● **WORK TO COMPLETE**:
Nothing but a number belongs in the answer: how many lines of the records below contain the string "NameId".

● **GIVEN RECORDS**:

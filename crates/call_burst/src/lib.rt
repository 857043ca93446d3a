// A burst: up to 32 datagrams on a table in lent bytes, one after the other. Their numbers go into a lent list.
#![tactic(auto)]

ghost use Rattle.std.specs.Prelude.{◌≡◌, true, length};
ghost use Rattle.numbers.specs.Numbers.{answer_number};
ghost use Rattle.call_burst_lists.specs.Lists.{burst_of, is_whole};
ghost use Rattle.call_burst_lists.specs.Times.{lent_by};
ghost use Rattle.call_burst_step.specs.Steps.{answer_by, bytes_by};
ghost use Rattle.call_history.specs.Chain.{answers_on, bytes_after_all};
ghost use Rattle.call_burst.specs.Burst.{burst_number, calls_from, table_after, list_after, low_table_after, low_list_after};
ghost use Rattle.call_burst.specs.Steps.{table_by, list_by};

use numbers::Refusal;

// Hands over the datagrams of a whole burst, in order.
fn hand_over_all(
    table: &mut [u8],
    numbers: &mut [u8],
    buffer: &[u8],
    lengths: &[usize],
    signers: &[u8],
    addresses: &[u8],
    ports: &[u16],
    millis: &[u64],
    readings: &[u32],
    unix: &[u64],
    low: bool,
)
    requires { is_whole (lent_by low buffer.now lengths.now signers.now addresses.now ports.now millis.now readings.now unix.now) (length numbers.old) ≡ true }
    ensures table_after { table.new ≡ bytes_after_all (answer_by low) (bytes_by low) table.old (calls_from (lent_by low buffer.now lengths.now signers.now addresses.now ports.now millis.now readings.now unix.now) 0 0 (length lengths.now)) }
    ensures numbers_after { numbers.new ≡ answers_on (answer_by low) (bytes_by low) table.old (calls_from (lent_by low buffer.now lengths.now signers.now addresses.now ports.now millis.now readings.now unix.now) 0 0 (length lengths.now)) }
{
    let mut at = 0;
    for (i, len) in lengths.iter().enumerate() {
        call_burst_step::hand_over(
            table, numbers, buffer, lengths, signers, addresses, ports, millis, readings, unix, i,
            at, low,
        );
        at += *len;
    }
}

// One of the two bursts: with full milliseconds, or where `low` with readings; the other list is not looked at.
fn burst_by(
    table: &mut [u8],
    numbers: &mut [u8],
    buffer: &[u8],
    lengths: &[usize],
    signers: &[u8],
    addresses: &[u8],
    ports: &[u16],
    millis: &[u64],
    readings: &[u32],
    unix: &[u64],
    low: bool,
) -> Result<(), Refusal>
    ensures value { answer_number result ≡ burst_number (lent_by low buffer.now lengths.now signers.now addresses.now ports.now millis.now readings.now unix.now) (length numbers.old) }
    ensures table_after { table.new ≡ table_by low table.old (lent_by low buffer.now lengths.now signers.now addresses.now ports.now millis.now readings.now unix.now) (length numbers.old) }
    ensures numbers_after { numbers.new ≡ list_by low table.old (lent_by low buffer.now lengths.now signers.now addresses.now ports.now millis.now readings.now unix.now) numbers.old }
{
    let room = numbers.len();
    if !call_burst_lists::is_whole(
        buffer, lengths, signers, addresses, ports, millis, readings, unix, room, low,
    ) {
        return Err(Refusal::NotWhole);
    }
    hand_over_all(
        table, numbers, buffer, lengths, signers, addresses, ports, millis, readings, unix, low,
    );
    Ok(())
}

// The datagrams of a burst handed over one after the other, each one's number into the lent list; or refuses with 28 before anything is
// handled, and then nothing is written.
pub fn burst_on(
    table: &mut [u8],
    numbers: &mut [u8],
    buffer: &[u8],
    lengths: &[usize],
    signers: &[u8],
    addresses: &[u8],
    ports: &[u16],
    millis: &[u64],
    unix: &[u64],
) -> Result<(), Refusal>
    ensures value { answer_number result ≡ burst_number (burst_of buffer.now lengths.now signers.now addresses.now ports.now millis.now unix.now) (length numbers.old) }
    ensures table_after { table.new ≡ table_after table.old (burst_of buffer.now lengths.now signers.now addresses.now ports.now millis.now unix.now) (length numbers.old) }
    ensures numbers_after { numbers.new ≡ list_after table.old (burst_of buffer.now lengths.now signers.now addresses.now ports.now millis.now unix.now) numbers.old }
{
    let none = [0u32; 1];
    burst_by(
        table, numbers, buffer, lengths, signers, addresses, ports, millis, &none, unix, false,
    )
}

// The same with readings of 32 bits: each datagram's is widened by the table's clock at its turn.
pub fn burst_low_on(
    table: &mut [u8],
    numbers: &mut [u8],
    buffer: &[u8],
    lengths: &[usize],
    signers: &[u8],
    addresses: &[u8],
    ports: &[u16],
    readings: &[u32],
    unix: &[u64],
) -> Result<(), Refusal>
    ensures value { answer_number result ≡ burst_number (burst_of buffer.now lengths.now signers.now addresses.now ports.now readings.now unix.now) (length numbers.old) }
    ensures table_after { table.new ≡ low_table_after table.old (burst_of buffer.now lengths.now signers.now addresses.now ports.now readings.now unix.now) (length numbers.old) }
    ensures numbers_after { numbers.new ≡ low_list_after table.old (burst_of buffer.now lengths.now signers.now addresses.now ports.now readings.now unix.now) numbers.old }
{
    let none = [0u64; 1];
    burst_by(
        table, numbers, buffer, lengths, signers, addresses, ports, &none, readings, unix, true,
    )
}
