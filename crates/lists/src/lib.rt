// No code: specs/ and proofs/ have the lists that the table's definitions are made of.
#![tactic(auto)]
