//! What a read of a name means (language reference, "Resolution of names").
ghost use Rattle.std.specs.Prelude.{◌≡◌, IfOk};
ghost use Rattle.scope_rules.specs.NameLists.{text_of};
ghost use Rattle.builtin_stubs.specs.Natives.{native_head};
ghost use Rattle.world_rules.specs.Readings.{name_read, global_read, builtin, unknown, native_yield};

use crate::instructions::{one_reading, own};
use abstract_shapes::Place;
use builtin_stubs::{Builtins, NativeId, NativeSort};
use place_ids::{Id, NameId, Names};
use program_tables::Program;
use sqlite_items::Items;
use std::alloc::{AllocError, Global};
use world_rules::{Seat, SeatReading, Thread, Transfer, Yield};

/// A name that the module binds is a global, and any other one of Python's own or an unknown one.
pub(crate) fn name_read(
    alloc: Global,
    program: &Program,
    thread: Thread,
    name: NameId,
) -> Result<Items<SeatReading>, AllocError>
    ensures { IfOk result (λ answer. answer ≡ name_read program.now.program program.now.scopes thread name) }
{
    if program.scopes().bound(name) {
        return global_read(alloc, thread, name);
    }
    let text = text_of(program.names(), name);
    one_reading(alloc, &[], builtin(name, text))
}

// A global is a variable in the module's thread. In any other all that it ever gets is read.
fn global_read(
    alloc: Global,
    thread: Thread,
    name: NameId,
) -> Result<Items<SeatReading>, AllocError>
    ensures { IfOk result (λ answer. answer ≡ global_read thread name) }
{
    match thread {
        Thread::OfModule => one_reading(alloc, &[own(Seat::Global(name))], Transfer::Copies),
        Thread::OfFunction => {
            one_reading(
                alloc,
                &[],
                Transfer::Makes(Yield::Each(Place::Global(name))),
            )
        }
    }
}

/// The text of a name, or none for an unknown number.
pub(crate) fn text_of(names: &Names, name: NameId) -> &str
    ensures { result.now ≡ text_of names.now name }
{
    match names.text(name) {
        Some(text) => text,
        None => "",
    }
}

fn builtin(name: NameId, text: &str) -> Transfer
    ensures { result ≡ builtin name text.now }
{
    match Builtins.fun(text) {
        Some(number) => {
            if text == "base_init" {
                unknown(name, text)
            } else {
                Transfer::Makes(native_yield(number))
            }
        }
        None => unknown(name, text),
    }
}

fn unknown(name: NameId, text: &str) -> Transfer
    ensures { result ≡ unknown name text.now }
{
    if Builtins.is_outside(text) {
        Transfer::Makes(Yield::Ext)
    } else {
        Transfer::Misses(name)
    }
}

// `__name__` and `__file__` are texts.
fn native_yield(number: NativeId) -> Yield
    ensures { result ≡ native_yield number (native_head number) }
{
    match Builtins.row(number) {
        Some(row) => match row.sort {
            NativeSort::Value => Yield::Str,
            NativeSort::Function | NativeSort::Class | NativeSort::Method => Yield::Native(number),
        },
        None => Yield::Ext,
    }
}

● **OUTPUT FOR THIS EXERCISE**:
6